Step 4: Set your AccessKey as environment variables

The script reads credentials from the environment variables ALIBABA_CLOUD_ACCESS_KEY_ID and ALIBABA_CLOUD_ACCESS_KEY_SECRET. For setup instructions, see Configure environment variables in Linux, macOS, and Windows.

Important

On Linux and macOS, environment variables set with export are valid only for the current terminal session.
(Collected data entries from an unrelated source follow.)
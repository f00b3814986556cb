// Filing a LOG: the first of a sender, a second that makes it an equivocator, or one that is known. Lists, place, bytes and sender are
// handed on one by one, here, in `proposing` and in `room`, and what is known of them stays a `requires` (`Fit`): the lists are written, and
// a struct that holds a `&mut` has no plain clauses.
ghost use Rattle.std.specs.Prelude.{◌≡◌, ◌<◌};
ghost use Rattle.agreement.specs.Limits.{most_senders};
ghost use Rattle.agreement.specs.Record.{agreement_from, heard_once, heard_twice};
ghost use Rattle.agreement.specs.Filing.{Fit, marked_by, LogStored, Files, file_of};
ghost use Rattle.agreement.specs.Kept.{is_vote_in};

use super::room::{is_filed, store_log, unfit};
use super::sets::{has, with_sender, without_sender};
use super::{Answer, Given, MOST_SENDERS, Marks};

// The marks with sender i in V. Kept beside the functions of the same name in `proposing`, on another record: what they share is
// `with_sender`.
fn once(g: Marks, i: usize) -> Marks
    requires { i < most_senders }
    ensures { result ≡ heard_once g i }
{
    let mut h = g;
    h.voters = with_sender(g.voters, i);
    h
}

// The marks with sender i moved from V to E.
fn twice(g: Marks, i: usize) -> Marks
    requires { i < most_senders }
    ensures { result ≡ heard_twice g i }
{
    let mut h = g;
    h.voters = without_sender(g.voters, i);
    h.equivocators = with_sender(g.equivocators, i);
    h
}

// The marks after this answer to a LOG of the sender.
pub fn marked(g: Marks, answer: Answer, sender: u8) -> Marks
    ensures { result ≡ marked_by g answer sender }
{
    let i = sender as usize;
    if MOST_SENDERS <= i {
        return g;
    }
    match answer {
        Answer::First => once(g, i),
        Answer::Second => twice(g, i),
        Answer::Known => g,
    }
}

// A LOG that can be stored.
fn store_fit(
    voters: u32,
    equivocators: u32,
    lengths: &mut [u8; 32],
    names: &mut [u64],
    counts: &mut [u16],
    base: u32,
    bytes: &[u8],
    sender: u8,
) -> Answer
    requires { Fit names.old counts.old base bytes.now sender }
    ensures { LogStored voters equivocators lengths.old names.old counts.old base
        bytes.now sender result
        lengths.new names.new counts.new }
{
    let i = sender as usize;
    if has(equivocators, i) {
        return Answer::Known;
    }
    if has(voters, i) {
        if is_filed(names, counts, base, lengths[i], bytes, sender) {
            return Answer::Known;
        }
        return Answer::Second;
    }
    store_log(names, counts, base, bytes, sender);
    lengths[i] = bytes[0];
    Answer::First
}

// Filing but for the marks: the answer to the LOG in the bytes, which is stored where it is the first of its sender. It is handed the
// two sets that it reads and gives none back, so that no caller's marks go through memory; they follow from the answer (`marked`).
pub fn store(
    voters: u32,
    equivocators: u32,
    lengths: &mut [u8; 32],
    names: &mut [u64],
    counts: &mut [u16],
    base: u32,
    bytes: &[u8],
    sender: u8,
) -> Answer
    ensures { LogStored voters equivocators lengths.old names.old counts.old base
        bytes.now sender result
        lengths.new names.new counts.new }
{
    if unfit(names.len(), counts.len(), base, bytes, sender) {
        return Answer::Known;
    }
    store_fit(
        voters,
        equivocators,
        lengths,
        names,
        counts,
        base,
        bytes,
        sender,
    )
}

// The LOG in the bytes, from this sender, in the agreement whose logs stand from `base` on. Where nothing can be filed, known,
// and nothing changes.
pub fn file(
    g: Marks,
    lengths: &mut [u8; 32],
    names: &mut [u64],
    counts: &mut [u16],
    base: u32,
    bytes: &[u8],
    sender: u8,
) -> Given<Answer, Marks>
    ensures { Files
        (file_of (agreement_from g lengths.old) names.old counts.old base bytes.now sender) result
        lengths.new names.new counts.new }
{
    let answer = store(
        g.voters,
        g.equivocators,
        lengths,
        names,
        counts,
        base,
        bytes,
        sender,
    );
    Given {
        answer,
        after: marked(g, answer, sender),
    }
}

// The log in the bytes is the one filed of this sender, which is in V. Where nothing can be filed, no.
pub fn is_vote(
    g: Marks,
    lengths: &[u8; 32],
    names: &[u64],
    counts: &[u16],
    base: u32,
    bytes: &[u8],
    sender: u8,
) -> bool
    ensures { result ≡ is_vote_in (agreement_from g lengths.now) names.now counts.now base
        bytes.now sender }
{
    if unfit(names.len(), counts.len(), base, bytes, sender) {
        return false;
    }
    let i = sender as usize;
    if has(g.equivocators, i) {
        return false;
    }
    if has(g.voters, i) {
        return is_filed(names, counts, base, lengths[i], bytes, sender);
    }
    false
}
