// The proposals of a view: filed as LOGs are, and the vote, which is for the best of those that have the lock as a prefix.
// Each public function answers for every record, place and length.
ghost use Rattle.std.specs.Prelude.{◌≡◌, ℕ, ◌<◌, ◌&&◌, eqb, get_or};
ghost use Rattle.message.specs.Logs.{same_log};
ghost use Rattle.message.specs.Message.{log_in};
ghost use Rattle.message.specs.Store.{log_at, prefix_at};
ghost use Rattle.agreement.specs.Limits.{most_senders, place_of};
ghost use Rattle.agreement.specs.Filing.{Fit};
ghost use Rattle.agreement.specs.Steps.{Contest, beats};
ghost use Rattle.agreement.specs.Proposals.{empty_shown, proposals_from, shown_once, shown_twice, file_proposal_of, FilesProposal, if_fits};
ghost use Rattle.agreement.specs.Proposals.{choice_of, chosen, Chooses};

use super::room::{is_filed, lacks_room, store_log, unfit};
use super::sets::{has, in_first, members, with_sender};
use super::{Answer, Given, Shown};
use message::MOST_BLOCKS;

pub fn empty(view: u32) -> Shown
    ensures { result ≡ empty_shown view }
{
    Shown {
        view,
        filed: 0,
        aside: 0,
    }
}

// The marks with a proposal of sender i. Kept beside the functions of the same name in `filing`, on another record.
fn once(g: Shown, i: usize) -> Shown
    requires { i < most_senders }
    ensures { result ≡ shown_once g i }
{
    let mut h = g;
    h.filed = with_sender(g.filed, i);
    h
}

// The marks with sender i's proposals set aside.
fn twice(g: Shown, i: usize) -> Shown
    requires { i < most_senders }
    ensures { result ≡ shown_twice g i }
{
    let mut h = g;
    h.aside = with_sender(g.aside, i);
    h
}

// The proposal is the one filed of this sender, which has so many blocks and this priority.
fn is_same(
    names: &[u64],
    counts: &[u16],
    base: u32,
    length: u8,
    held: u64,
    bytes: &[u8],
    sender: u8,
    priority: u64,
) -> bool
    requires { Fit names.now counts.now base bytes.now sender }
    ensures { result ≡ (same_log (log_in bytes.now)
        (log_at names.now counts.now (place_of base sender) length) && eqb priority held) }
{
    is_filed(names, counts, base, length, bytes, sender) & (priority == held)
}

// A proposal that can be filed.
fn file_fit(
    g: Shown,
    lengths: &mut [u8; 32],
    priorities: &mut [u64; 32],
    names: &mut [u64],
    counts: &mut [u16],
    base: u32,
    bytes: &[u8],
    sender: u8,
    priority: u64,
) -> Given<Answer, Shown>
    requires { Fit names.old counts.old base bytes.now sender }
    ensures { FilesProposal
        (file_proposal_of (proposals_from g lengths.old priorities.old) names.old counts.old base
        bytes.now sender priority) result lengths.new priorities.new names.new counts.new }
{
    let i = sender as usize;
    let (answer, after) = if has(g.aside, i) {
        (Answer::Known, g)
    } else if !has(g.filed, i) {
        store_log(names, counts, base, bytes, sender);
        lengths[i] = bytes[0];
        priorities[i] = priority;
        (Answer::First, once(g, i))
    } else if is_same(
        names,
        counts,
        base,
        lengths[i],
        priorities[i],
        bytes,
        sender,
        priority,
    ) {
        (Answer::Known, g)
    } else {
        (Answer::Second, twice(g, i))
    };
    Given { answer, after }
}

// The proposal in the bytes, filed. Where nothing can be filed, known, and nothing changes.
pub fn file(
    g: Shown,
    lengths: &mut [u8; 32],
    priorities: &mut [u64; 32],
    names: &mut [u64],
    counts: &mut [u16],
    base: u32,
    bytes: &[u8],
    sender: u8,
    priority: u64,
) -> Given<Answer, Shown>
    ensures { FilesProposal
        (file_proposal_of (proposals_from g lengths.old priorities.old) names.old counts.old base
        bytes.now sender priority) result lengths.new priorities.new names.new counts.new }
{
    if unfit(names.len(), counts.len(), base, bytes, sender) {
        return Given {
            answer: Answer::Known,
            after: g,
        };
    }
    file_fit(
        g, lengths, priorities, names, counts, base, bytes, sender, priority,
    )
}

// Sender i, who comes after the best so far, is better by its priority.
fn beats(best: Option<u8>, priorities: &[u64; 32], i: usize) -> bool
    requires { Contest best i }
    ensures { result ≡ beats (λ (j : ℕ). get_or priorities.now j 0) (chosen best) i }
{
    let Some(j) = best else {
        return true;
    };
    priorities[j as usize] < priorities[i]
}

// The best of the senders to i, whose proposal is filed and not set aside, from the best of those before it. Its log is looked at
// only where it would win: it may be voted for where the lock, the k blocks at place a, is a prefix.
fn best_to(
    lengths: &[u8; 32],
    priorities: &[u64; 32],
    names: &[u64],
    counts: &[u16],
    base: u32,
    a: usize,
    k: usize,
    best: Option<u8>,
    i: usize,
) -> Option<u8>
    requires { Contest best i }
    ensures { Chooses
        (if_fits (prefix_at names.now counts.now a k (place_of base i) (get_or lengths.now i 0))
        (λ (j : ℕ). get_or priorities.now j 0) (chosen best) i) result }
{
    if beats(best, priorities, i) {
        let at = base as usize + MOST_BLOCKS * i;
        let blocks = usize::from(lengths[i]);
        if message::store::is_prefix(names, counts, a, k, at, blocks) {
            return Some(i as u8);
        }
        return best;
    }
    best
}

// The sender whose proposal is voted for: of those that may be, the highest priority, the lower number on a tie. None:
// the vote is for the lock.
pub fn choose(
    g: Shown,
    lengths: &[u8; 32],
    priorities: &[u64; 32],
    names: &[u64],
    counts: &[u16],
    base: u32,
    a: usize,
    k: usize,
) -> Option<u8>
    ensures { Chooses
        (choice_of names.now counts.now base (proposals_from g lengths.now priorities.now) a k) result }
{
    if lacks_room(names.len(), counts.len(), base) {
        return None;
    }
    let shown = in_first(g.filed, g.aside);
    let mut best = None;
    for (i, _) in members(shown) {
        best = best_to(lengths, priorities, names, counts, base, a, k, best, i);
    }
    best
}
To make them persistent, add the export commands to your shell's startup file (for example, ~/.bashrc or ~/.zshrc).

Step 5: Run the script

Open a terminal (Command Prompt, PowerShell, or Terminal) and run:

python Refresh.py -r <PathToUrlFile> -t <TaskType>

Replace <PathToUrlFile> with the path to your URL file and <TaskType> with clear (refresh) or push (prefetch).

Refresh cached files

If urllist.txt is in the same directory as Refresh.py:

python Refresh.py -r urllist.txt -t clear

If the URL file is in a different directory:

python Refresh.py -r D:\example\filename\urllist.txt -t clear

Expected output:

{'RequestId': 'C1686DCA-F3B5-5575-ADD1-05F96617D770', 'RefreshTaskId': '18392588710'}
[18392588710] is doing... ...

Prefetch content

If urllist.txt is in the same directory as Refresh.py:

python Refresh.py -r urllist.txt -t push

If the URL file is in a different directory:

python Refresh.py -r D:\example\filename\urllist.txt -t push

Expected output:

{'RequestId': 'C1686DCA-F3B5-5575-ADD1-05F96617D771', 'RefreshTaskId': '18392588711'}
[18392588710] is doing... ...
If the script returns Failed to initialize credentials and client. Please check environment variables., set the AccessKey environment variables as described in Step 4 and run the command again in the same terminal window.